Give the lines again exactly as they appear, beginning at the one with "mod fields;" and ending at the last line of the records.

[RECORD EXCERPTS Boundary: Start]

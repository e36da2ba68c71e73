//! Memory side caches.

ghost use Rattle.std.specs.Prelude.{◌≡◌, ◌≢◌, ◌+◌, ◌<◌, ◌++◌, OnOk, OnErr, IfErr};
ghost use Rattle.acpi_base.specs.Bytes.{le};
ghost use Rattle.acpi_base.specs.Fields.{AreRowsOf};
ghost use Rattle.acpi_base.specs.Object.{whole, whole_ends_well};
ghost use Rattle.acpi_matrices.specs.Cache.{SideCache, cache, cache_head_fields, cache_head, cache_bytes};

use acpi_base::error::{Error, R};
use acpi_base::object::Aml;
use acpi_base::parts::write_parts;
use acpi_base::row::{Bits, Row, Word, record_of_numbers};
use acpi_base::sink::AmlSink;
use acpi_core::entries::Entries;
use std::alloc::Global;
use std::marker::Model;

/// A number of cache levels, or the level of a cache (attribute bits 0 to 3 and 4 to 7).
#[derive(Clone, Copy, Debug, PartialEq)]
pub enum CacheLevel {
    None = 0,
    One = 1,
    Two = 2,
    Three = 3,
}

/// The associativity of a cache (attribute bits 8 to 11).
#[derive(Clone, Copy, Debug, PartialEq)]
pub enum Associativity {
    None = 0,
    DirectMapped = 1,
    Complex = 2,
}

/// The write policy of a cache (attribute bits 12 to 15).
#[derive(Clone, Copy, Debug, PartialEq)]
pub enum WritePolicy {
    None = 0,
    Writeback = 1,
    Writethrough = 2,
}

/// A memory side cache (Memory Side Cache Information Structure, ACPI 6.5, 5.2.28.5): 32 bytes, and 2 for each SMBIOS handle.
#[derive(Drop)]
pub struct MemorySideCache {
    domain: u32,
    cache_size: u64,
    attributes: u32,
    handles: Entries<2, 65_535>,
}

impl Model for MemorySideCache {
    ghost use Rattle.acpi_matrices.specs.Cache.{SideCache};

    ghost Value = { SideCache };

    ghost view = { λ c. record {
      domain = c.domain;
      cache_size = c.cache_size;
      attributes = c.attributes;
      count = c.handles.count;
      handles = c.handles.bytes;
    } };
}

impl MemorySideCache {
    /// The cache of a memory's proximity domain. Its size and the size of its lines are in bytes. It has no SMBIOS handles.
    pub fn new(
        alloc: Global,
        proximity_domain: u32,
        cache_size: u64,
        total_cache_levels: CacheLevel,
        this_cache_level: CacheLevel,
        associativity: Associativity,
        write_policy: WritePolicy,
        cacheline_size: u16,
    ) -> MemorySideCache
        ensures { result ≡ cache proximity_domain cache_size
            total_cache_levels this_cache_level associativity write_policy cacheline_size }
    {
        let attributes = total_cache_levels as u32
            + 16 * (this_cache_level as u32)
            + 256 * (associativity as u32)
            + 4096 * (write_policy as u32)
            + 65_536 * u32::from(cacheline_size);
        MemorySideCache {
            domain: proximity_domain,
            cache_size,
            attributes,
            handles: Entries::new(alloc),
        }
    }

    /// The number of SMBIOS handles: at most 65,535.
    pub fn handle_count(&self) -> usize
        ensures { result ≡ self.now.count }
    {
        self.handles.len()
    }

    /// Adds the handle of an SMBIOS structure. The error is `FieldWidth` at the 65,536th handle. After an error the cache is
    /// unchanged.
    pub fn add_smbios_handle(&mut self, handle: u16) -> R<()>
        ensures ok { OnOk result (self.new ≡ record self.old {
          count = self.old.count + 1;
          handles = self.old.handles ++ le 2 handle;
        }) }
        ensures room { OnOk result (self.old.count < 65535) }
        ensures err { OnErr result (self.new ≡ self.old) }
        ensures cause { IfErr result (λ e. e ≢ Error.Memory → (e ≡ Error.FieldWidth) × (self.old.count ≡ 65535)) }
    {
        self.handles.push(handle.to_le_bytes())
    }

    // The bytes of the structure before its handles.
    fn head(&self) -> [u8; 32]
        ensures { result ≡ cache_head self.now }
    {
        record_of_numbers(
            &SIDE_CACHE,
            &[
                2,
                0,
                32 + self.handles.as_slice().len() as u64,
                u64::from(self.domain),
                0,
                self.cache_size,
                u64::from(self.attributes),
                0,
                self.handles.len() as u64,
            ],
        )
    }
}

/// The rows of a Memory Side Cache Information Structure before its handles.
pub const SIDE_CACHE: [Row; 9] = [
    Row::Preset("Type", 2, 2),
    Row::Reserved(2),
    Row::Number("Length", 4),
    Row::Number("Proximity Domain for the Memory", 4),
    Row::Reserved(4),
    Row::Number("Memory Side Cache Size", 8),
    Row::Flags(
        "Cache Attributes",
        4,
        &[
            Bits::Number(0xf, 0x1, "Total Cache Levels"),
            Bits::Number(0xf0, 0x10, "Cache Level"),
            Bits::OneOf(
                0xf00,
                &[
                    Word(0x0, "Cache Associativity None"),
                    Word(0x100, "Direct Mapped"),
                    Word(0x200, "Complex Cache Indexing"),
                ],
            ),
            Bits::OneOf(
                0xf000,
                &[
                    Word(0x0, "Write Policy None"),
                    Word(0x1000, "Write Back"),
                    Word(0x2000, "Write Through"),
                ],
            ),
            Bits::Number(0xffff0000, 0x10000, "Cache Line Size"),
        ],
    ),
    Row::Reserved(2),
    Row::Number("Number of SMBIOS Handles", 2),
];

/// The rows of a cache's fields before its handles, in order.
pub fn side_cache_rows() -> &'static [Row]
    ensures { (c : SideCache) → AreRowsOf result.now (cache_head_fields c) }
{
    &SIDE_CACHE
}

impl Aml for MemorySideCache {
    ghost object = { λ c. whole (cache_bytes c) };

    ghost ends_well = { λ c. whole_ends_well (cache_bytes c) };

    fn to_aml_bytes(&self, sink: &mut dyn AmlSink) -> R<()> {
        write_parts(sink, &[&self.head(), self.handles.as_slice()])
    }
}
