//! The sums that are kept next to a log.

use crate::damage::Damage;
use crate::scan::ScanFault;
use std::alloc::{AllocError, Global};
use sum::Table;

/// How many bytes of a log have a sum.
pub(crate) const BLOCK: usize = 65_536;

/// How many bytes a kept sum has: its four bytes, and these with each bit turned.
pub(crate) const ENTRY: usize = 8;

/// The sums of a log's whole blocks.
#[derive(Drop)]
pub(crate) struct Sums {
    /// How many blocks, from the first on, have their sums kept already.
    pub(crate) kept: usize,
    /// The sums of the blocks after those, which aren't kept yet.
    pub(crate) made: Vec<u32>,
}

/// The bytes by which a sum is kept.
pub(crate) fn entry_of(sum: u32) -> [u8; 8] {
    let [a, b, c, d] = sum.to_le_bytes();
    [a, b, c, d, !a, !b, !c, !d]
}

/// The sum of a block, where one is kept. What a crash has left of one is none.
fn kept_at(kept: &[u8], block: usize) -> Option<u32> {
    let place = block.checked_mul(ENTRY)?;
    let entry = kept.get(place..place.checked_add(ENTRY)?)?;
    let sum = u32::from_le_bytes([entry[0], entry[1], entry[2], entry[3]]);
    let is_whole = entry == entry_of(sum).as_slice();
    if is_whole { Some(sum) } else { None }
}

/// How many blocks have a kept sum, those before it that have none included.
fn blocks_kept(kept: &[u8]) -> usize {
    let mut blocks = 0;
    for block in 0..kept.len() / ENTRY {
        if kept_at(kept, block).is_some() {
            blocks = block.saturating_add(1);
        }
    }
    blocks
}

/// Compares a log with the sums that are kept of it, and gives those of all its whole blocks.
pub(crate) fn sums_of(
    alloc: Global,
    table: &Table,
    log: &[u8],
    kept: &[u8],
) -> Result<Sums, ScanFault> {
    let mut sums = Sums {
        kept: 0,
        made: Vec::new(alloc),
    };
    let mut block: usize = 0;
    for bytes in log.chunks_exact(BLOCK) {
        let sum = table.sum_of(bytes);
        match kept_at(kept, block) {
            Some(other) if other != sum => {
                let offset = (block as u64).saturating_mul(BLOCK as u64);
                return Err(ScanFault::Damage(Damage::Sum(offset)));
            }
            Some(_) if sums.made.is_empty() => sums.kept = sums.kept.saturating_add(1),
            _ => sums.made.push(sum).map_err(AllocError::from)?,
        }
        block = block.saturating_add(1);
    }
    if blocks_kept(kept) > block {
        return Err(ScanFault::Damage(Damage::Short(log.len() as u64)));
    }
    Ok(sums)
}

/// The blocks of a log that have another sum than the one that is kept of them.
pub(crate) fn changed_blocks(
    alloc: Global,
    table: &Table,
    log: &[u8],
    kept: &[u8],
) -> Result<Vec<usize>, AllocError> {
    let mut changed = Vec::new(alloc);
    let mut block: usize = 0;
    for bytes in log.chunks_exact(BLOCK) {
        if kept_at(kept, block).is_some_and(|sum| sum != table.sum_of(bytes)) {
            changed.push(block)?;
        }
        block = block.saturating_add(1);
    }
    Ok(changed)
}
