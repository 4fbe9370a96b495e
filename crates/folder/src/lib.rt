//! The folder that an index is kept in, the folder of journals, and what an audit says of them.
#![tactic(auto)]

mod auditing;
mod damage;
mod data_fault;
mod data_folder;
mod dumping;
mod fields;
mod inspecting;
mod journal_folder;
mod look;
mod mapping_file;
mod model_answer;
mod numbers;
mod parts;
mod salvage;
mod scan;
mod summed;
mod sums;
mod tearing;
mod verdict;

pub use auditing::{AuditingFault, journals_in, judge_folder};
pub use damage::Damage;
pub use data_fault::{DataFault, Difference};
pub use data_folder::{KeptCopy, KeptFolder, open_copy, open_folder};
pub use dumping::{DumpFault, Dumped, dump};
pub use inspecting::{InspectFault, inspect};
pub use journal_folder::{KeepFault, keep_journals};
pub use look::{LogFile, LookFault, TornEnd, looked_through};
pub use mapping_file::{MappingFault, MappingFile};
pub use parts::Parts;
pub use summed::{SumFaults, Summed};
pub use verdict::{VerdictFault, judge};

[RECORD EXCERPTS Boundary: End]

(WRITTEN REPLY)
mod fields;
mod inspecting;
mod journal_folder;
mod look;
mod mapping_file;
mod model_answer;
mod numbers;
mod parts;
mod salvage;
mod scan;
mod summed;
mod sums;
mod tearing;
mod verdict;

pub use auditing::{AuditingFault, journals_in, judge_folder};
pub use damage::Damage;
pub use data_fault::{DataFault, Difference};
pub use data_folder::{KeptCopy, KeptFolder, open_copy, open_folder};
pub use dumping::{DumpFault, Dumped, dump};
pub use inspecting::{InspectFault, inspect};
pub use journal_folder::{KeepFault, keep_journals};
pub use look::{LogFile, LookFault, TornEnd, looked_through};
pub use mapping_file::{MappingFault, MappingFile};
pub use parts::Parts;
pub use summed::{SumFaults, Summed};
pub use verdict::{VerdictFault, judge};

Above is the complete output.